** Opening Data for the task block **
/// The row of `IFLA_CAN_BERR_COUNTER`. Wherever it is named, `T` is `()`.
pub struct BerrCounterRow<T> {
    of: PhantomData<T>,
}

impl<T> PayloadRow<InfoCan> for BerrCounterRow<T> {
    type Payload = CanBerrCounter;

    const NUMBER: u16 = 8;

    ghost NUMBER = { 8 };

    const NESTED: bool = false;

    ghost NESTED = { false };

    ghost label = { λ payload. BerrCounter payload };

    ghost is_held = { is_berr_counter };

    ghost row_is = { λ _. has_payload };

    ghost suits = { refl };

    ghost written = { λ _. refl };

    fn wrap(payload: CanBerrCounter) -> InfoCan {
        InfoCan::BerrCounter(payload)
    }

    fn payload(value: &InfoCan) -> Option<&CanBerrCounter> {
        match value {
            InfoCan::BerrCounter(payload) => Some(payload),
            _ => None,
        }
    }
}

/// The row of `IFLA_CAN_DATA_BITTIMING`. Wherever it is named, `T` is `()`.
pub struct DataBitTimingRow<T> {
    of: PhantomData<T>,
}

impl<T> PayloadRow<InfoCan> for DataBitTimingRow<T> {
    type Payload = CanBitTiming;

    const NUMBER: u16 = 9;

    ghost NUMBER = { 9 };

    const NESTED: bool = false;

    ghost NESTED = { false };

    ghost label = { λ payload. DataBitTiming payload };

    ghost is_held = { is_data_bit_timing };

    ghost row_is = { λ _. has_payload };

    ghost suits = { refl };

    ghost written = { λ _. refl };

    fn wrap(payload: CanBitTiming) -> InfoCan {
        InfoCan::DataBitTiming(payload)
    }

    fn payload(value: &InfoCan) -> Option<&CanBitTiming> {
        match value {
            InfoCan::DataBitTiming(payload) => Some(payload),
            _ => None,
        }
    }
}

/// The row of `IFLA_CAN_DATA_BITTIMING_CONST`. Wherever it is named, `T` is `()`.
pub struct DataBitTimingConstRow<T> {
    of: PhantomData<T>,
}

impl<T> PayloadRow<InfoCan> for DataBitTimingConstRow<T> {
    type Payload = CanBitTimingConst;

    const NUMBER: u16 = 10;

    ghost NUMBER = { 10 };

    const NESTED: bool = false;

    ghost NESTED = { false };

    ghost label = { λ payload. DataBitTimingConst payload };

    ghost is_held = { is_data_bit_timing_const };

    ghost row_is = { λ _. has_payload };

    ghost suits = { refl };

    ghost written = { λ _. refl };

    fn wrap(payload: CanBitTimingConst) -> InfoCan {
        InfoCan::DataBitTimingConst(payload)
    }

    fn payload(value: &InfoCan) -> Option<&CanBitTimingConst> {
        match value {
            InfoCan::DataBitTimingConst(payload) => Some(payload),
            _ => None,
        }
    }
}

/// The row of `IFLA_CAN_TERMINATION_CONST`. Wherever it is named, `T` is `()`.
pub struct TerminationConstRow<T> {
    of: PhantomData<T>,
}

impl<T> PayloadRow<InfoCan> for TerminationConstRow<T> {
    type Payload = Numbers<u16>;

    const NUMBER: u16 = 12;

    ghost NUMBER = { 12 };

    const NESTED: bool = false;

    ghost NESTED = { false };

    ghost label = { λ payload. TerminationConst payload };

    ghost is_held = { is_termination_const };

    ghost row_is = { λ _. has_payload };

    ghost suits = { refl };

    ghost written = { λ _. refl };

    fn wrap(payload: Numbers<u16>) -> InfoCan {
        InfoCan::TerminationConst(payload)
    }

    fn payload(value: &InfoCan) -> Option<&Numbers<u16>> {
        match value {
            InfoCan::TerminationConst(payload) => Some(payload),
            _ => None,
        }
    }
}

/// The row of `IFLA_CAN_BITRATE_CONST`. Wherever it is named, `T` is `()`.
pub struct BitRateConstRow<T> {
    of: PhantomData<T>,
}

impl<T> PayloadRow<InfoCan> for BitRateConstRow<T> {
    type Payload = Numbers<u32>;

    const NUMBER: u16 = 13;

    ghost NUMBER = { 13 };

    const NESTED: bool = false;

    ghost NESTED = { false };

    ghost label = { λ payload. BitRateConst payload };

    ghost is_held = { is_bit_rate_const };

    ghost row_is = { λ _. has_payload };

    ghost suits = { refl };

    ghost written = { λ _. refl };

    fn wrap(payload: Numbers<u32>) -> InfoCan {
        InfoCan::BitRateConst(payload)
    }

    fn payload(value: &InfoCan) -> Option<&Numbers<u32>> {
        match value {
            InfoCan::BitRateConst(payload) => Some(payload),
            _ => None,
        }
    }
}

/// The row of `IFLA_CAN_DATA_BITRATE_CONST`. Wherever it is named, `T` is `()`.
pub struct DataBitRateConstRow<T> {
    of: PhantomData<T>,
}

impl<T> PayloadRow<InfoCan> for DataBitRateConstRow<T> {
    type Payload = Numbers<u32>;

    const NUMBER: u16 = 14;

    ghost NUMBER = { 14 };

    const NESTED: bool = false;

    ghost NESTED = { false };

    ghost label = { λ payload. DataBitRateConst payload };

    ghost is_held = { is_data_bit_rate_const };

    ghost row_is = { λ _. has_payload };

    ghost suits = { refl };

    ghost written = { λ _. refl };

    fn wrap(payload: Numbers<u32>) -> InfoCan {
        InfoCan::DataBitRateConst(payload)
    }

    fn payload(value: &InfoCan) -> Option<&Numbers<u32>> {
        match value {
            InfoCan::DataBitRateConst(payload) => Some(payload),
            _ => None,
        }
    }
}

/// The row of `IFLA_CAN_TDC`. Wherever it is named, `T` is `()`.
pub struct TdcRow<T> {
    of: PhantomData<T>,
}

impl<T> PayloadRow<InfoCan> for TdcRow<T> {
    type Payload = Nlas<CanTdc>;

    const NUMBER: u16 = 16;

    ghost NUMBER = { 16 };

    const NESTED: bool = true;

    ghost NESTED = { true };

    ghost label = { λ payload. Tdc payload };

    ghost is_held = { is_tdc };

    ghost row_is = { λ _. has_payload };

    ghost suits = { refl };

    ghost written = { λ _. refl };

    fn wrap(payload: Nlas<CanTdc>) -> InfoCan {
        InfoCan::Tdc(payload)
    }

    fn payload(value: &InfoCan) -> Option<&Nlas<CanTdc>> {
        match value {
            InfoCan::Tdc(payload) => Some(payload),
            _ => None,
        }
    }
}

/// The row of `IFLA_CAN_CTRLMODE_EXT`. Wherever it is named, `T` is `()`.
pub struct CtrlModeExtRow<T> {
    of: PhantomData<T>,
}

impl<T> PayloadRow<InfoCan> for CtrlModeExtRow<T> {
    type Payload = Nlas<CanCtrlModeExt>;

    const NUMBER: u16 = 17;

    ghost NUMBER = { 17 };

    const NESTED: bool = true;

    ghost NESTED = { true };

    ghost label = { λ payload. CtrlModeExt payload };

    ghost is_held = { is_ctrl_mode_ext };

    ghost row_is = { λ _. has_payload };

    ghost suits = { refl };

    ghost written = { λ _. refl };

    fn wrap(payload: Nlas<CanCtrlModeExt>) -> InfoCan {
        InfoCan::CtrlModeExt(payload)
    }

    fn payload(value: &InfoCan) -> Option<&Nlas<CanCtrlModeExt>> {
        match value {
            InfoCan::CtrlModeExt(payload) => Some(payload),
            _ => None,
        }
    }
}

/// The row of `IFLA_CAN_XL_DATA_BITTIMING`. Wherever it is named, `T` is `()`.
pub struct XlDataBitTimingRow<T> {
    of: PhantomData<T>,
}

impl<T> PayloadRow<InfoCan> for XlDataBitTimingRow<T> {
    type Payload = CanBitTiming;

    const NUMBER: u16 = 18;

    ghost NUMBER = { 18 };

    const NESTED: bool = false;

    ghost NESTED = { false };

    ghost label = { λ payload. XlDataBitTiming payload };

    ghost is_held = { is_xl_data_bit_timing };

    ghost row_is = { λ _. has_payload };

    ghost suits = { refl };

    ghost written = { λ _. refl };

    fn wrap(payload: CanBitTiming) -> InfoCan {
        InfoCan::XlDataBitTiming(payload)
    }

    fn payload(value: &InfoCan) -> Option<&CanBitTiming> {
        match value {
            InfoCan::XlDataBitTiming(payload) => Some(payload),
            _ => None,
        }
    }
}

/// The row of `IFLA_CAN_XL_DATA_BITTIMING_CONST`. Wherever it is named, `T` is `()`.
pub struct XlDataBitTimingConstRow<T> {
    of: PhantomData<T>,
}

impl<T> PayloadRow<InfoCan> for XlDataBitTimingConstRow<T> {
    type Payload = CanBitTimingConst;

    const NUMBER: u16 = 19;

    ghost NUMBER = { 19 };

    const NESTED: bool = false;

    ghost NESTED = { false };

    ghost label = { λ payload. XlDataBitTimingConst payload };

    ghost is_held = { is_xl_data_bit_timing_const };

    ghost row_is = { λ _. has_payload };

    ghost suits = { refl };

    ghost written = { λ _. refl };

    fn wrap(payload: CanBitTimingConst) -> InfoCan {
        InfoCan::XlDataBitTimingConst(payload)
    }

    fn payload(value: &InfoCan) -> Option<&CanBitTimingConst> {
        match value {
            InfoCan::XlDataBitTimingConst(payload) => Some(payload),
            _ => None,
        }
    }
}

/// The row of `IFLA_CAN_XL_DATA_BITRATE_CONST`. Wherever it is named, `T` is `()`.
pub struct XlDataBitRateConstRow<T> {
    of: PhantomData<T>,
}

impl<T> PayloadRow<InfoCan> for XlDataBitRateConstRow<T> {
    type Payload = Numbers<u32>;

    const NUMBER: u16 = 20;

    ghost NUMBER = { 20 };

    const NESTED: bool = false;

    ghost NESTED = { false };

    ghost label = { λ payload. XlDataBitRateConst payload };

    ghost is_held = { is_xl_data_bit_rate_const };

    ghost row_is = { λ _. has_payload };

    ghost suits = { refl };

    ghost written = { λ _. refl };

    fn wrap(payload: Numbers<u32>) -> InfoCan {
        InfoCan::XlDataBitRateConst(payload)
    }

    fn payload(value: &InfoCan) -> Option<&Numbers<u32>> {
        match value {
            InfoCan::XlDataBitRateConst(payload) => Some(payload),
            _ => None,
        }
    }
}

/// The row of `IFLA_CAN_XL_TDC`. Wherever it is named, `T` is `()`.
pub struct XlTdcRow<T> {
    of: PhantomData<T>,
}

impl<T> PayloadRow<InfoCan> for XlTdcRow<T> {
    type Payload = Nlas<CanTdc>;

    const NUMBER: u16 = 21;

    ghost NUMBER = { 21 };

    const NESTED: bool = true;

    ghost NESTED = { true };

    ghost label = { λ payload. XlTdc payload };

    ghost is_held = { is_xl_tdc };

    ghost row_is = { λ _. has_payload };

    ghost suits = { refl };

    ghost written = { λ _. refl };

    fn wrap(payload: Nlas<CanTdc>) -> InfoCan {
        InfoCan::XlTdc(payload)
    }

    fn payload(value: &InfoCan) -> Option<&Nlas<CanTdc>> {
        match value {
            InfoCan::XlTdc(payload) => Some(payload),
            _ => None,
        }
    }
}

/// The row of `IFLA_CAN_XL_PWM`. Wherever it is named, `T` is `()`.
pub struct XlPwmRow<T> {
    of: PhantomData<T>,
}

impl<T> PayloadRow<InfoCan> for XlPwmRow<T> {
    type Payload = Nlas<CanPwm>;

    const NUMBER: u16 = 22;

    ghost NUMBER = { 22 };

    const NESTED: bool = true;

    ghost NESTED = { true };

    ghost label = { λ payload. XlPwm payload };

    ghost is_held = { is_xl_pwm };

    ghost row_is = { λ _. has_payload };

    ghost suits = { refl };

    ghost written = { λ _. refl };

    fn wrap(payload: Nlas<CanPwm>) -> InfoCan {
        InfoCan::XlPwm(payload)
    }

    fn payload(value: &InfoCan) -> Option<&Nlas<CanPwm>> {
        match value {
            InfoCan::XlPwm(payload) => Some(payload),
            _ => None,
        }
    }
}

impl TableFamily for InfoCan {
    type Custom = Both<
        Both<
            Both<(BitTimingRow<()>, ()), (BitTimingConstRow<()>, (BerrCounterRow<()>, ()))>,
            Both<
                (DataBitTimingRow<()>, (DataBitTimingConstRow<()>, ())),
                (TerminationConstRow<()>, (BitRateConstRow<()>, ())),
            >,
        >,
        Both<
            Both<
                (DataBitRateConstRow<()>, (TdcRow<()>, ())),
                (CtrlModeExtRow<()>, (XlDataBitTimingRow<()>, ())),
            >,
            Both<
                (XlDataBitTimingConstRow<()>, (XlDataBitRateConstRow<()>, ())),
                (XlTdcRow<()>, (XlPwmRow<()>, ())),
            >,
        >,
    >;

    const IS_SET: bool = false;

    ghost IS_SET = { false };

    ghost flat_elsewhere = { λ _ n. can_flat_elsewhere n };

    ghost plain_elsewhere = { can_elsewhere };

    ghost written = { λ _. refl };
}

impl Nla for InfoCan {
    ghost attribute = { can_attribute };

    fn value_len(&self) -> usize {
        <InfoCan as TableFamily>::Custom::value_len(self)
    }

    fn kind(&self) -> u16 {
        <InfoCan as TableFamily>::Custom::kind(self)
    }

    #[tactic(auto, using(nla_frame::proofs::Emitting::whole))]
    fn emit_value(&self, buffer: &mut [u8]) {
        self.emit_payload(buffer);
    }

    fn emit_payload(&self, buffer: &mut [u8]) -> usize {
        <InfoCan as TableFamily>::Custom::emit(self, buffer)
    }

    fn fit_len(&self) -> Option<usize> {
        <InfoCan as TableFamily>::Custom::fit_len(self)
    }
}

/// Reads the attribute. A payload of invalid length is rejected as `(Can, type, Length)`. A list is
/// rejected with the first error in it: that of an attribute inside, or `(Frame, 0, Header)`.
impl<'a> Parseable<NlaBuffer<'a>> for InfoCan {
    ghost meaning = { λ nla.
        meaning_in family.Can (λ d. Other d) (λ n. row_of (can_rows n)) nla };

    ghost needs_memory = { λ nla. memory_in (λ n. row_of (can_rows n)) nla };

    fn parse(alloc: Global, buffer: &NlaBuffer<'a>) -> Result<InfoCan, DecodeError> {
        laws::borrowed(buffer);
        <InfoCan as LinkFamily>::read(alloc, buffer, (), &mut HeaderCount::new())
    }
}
** Closing Data for the task block **
** Opening Data for the task block **
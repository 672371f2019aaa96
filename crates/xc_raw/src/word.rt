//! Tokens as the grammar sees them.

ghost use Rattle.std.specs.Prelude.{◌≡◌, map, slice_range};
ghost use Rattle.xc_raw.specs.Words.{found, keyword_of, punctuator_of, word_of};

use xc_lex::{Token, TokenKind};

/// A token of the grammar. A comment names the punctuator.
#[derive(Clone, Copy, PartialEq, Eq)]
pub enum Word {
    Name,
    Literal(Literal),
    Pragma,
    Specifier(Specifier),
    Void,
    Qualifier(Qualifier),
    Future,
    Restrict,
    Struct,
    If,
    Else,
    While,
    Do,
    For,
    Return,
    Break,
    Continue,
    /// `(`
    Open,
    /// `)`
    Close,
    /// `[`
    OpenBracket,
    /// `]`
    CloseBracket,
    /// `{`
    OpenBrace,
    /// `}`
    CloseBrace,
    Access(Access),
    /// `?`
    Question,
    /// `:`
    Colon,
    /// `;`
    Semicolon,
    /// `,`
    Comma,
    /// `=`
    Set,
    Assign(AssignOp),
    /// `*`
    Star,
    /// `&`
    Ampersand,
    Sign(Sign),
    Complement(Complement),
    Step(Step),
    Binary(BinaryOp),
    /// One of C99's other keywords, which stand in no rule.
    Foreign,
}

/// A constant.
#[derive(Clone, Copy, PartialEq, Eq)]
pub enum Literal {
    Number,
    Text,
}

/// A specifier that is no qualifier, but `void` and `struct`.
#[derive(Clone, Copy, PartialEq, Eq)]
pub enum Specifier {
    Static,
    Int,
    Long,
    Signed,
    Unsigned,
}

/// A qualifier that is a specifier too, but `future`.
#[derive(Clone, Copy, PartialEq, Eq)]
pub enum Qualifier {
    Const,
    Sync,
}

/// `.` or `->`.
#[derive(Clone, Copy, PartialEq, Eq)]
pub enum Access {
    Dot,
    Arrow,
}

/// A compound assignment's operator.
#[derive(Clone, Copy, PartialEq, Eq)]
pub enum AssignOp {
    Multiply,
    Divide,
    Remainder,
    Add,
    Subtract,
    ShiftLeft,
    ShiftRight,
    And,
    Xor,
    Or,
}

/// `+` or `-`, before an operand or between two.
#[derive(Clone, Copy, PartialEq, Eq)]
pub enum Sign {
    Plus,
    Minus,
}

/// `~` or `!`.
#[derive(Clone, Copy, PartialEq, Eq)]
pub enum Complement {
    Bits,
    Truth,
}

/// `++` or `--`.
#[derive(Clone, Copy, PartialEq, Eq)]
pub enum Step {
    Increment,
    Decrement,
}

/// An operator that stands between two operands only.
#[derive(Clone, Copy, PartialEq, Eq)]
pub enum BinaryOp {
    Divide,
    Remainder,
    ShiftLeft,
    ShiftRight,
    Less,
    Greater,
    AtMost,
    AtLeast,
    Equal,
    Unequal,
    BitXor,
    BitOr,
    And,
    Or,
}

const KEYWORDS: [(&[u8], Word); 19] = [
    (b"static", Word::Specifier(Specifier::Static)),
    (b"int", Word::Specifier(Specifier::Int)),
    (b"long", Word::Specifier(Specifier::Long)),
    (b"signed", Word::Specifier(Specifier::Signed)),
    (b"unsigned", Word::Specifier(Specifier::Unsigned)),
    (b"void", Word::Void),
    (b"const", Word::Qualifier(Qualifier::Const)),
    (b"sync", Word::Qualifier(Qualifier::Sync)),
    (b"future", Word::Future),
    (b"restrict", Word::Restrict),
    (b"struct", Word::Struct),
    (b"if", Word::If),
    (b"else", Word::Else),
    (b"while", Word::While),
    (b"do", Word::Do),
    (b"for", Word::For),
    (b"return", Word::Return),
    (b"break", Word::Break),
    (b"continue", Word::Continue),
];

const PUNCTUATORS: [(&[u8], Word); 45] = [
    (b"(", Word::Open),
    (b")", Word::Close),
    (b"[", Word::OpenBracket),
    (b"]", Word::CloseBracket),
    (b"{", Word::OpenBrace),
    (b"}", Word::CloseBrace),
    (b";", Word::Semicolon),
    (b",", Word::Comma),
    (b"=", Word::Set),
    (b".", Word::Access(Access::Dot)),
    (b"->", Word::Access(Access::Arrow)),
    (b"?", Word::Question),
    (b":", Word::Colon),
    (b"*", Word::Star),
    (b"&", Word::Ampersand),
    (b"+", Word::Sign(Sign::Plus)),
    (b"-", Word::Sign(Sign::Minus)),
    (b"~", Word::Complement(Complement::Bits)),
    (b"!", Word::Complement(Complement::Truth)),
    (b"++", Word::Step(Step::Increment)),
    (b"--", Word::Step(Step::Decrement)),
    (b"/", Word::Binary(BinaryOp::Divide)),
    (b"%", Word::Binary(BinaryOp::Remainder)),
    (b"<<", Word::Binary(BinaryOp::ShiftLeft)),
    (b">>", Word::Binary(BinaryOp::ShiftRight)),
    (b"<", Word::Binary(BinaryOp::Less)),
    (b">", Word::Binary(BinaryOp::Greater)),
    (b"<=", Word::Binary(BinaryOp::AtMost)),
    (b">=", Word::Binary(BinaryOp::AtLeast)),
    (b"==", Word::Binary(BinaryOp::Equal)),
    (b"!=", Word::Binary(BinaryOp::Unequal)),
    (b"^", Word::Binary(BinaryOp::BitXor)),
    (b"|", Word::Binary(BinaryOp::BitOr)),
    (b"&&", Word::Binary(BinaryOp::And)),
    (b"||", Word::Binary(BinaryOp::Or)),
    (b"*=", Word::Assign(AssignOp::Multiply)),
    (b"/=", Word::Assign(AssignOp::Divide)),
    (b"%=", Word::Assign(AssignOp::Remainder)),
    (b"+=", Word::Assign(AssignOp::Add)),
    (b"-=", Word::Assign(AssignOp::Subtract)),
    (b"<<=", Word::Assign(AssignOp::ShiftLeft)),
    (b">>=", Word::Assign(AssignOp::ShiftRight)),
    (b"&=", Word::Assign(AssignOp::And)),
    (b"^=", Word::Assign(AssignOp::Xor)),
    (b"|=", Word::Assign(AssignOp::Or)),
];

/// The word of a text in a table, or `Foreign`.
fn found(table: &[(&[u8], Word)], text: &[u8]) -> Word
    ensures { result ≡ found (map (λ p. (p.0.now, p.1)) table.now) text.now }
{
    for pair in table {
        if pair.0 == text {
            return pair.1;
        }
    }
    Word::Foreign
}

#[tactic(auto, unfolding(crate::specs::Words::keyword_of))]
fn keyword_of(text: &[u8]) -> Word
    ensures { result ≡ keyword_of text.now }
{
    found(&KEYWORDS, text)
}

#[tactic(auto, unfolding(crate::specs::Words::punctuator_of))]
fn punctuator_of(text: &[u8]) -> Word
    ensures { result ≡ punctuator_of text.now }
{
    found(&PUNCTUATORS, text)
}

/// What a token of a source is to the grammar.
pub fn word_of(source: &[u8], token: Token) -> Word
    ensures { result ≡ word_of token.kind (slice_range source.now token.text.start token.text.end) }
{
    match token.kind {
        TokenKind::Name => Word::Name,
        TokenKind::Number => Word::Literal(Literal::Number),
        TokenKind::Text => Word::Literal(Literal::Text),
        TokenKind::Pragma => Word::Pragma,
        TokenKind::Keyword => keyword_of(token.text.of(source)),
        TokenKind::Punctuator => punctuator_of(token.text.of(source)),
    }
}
** Closing Data for the task block **
** What is needed **
The required answer is the exact run of lines above starting at the line with "pub struct TdcRow<T>" and ending at the line with "impl<T> PayloadRow<InfoCan> for CtrlModeExtRow<T>", with both ends present.

** Answer for this exercise **
pub struct TdcRow<T> {
    of: PhantomData<T>,
}

impl<T> PayloadRow<InfoCan> for TdcRow<T> {
    type Payload = Nlas<CanTdc>;

    const NUMBER: u16 = 16;

    ghost NUMBER = { 16 };

    const NESTED: bool = true;

    ghost NESTED = { true };

    ghost label = { λ payload. Tdc payload };

    ghost is_held = { is_tdc };

    ghost row_is = { λ _. has_payload };

    ghost suits = { refl };

    ghost written = { λ _. refl };

    fn wrap(payload: Nlas<CanTdc>) -> InfoCan {
        InfoCan::Tdc(payload)
    }

    fn payload(value: &InfoCan) -> Option<&Nlas<CanTdc>> {
        match value {
            InfoCan::Tdc(payload) => Some(payload),
            _ => None,
        }
    }
}

/// The row of `IFLA_CAN_CTRLMODE_EXT`. Wherever it is named, `T` is `()`.
pub struct CtrlModeExtRow<T> {
    of: PhantomData<T>,
}

impl<T> PayloadRow<InfoCan> for CtrlModeExtRow<T> {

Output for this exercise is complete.